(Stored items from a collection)
● ● ● ● ● ● ●

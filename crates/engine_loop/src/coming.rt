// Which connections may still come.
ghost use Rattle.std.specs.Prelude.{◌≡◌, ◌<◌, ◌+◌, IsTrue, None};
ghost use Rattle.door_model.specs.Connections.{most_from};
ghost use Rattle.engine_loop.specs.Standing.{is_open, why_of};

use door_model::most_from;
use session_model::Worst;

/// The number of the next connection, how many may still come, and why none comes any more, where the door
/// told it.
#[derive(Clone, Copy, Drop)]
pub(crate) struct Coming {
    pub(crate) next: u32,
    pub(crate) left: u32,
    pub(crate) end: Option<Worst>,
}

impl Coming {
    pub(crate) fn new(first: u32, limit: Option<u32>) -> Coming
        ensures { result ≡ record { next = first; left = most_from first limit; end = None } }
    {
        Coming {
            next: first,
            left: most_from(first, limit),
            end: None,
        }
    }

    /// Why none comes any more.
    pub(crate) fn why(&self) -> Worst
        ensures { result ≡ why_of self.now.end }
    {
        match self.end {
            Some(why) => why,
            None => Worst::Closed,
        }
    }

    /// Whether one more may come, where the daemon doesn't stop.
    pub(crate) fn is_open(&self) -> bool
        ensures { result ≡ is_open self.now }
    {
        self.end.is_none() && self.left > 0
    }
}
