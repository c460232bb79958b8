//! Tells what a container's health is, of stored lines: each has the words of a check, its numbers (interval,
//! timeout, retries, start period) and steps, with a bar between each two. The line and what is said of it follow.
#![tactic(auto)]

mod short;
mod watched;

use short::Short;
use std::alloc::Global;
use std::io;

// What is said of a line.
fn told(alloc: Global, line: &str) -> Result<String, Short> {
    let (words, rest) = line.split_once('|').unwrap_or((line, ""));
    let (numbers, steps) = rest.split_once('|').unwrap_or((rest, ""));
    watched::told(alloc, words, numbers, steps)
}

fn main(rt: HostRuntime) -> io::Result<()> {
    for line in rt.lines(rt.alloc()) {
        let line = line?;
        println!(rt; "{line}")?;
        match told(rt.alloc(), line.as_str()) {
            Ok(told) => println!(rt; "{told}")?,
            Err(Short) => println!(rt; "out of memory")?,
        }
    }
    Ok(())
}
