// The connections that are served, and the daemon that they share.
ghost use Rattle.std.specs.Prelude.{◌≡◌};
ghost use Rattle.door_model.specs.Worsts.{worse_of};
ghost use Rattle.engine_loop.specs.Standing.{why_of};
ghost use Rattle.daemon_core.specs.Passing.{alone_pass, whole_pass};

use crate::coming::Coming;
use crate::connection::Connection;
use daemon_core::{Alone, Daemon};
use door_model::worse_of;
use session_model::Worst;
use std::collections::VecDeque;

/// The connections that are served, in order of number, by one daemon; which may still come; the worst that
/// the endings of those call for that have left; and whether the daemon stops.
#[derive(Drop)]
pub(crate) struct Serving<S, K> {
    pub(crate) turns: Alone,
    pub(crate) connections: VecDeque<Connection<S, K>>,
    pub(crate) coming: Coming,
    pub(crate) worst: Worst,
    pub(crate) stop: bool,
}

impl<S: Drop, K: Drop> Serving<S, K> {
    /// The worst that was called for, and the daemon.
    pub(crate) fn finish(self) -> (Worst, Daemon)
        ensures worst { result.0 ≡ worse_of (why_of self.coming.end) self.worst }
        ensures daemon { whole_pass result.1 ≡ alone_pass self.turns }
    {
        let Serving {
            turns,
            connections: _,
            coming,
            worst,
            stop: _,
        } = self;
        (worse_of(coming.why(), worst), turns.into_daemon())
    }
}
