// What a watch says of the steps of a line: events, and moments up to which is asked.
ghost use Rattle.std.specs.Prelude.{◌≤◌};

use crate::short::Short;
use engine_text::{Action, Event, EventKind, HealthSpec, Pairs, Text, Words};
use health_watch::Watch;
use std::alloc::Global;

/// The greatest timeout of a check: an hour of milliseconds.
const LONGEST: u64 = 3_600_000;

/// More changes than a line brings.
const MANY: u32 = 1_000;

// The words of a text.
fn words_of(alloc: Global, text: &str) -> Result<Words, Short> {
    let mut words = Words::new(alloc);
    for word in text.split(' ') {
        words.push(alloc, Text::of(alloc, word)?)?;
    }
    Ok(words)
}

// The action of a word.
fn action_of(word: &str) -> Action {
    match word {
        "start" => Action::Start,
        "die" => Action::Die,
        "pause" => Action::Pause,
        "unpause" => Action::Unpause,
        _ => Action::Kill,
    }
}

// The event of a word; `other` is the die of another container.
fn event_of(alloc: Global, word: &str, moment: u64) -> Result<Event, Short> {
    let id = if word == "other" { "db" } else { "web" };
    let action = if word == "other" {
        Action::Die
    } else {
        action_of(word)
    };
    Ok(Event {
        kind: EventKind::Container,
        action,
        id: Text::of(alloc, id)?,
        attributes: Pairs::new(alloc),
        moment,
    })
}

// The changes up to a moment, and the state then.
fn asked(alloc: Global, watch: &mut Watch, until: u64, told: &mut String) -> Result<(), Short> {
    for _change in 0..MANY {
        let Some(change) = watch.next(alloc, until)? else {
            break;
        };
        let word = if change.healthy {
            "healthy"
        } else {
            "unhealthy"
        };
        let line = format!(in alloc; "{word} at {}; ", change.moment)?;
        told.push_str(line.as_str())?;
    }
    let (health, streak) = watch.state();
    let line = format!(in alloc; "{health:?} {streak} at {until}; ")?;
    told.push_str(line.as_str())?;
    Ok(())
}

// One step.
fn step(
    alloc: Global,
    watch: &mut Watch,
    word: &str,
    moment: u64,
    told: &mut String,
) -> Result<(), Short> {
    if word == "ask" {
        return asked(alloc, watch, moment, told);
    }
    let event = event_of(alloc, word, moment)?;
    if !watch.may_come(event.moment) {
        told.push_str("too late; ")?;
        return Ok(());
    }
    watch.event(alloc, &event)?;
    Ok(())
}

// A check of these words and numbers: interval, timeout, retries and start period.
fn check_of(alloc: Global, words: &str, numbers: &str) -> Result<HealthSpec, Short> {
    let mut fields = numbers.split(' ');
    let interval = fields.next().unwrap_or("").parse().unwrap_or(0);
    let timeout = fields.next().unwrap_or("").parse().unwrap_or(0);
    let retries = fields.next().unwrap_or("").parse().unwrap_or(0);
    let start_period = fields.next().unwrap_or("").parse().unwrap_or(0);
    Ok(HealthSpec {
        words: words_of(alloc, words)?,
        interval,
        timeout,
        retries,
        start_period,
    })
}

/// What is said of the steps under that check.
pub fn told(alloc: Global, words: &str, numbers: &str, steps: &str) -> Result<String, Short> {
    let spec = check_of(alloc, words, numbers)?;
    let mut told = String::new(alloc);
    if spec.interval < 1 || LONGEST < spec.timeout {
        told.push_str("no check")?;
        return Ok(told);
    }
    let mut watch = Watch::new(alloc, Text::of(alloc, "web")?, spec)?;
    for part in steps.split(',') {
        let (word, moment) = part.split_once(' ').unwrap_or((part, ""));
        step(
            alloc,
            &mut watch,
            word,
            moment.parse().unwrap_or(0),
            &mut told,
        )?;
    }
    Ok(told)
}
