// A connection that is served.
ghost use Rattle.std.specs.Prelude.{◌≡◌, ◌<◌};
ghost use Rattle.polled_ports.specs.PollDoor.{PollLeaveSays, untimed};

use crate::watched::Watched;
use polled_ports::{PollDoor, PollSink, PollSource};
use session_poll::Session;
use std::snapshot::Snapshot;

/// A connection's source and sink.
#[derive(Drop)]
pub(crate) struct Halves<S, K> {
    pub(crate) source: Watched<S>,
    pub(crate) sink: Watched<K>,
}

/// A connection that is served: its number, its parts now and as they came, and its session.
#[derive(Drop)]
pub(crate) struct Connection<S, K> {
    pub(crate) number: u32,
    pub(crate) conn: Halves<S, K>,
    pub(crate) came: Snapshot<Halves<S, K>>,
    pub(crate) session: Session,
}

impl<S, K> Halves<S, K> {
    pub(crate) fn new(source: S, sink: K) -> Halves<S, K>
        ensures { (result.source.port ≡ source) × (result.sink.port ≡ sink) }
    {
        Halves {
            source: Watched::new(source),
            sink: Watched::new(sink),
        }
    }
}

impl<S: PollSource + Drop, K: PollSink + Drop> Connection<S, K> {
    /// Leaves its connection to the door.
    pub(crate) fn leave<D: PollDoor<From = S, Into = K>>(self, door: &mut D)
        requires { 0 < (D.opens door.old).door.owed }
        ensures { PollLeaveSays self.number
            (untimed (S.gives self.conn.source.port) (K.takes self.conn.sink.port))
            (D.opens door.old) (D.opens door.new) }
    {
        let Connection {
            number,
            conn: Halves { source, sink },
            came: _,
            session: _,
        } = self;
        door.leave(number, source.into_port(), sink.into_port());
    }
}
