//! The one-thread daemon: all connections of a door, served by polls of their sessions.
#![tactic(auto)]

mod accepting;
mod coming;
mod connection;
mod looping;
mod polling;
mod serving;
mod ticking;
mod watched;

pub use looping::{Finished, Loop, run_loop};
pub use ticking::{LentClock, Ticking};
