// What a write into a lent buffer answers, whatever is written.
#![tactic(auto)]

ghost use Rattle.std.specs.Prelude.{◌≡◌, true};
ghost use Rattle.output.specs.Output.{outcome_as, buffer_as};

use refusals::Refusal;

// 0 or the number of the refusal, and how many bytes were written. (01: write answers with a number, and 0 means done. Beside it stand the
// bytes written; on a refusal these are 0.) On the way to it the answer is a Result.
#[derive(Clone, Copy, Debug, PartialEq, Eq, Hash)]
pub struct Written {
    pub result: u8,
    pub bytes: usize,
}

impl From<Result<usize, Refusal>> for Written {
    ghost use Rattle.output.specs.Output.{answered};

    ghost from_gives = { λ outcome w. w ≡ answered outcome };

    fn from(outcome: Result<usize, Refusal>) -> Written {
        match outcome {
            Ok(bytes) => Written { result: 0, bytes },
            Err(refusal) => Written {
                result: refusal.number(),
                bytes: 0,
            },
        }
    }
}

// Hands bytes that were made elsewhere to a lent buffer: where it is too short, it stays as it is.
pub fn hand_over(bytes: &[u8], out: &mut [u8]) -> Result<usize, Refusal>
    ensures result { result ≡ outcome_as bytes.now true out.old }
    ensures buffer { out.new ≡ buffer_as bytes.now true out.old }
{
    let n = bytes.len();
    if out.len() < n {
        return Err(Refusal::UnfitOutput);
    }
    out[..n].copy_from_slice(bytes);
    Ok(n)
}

● ● ● ● ● ● ●

— Aim of the task —
Search the entries for the string "comes" and copy each line where it occurs.

— Answer for the task —
/// The number of the next connection, how many may still come, and why none comes any more, where the door
    /// Why none comes any more.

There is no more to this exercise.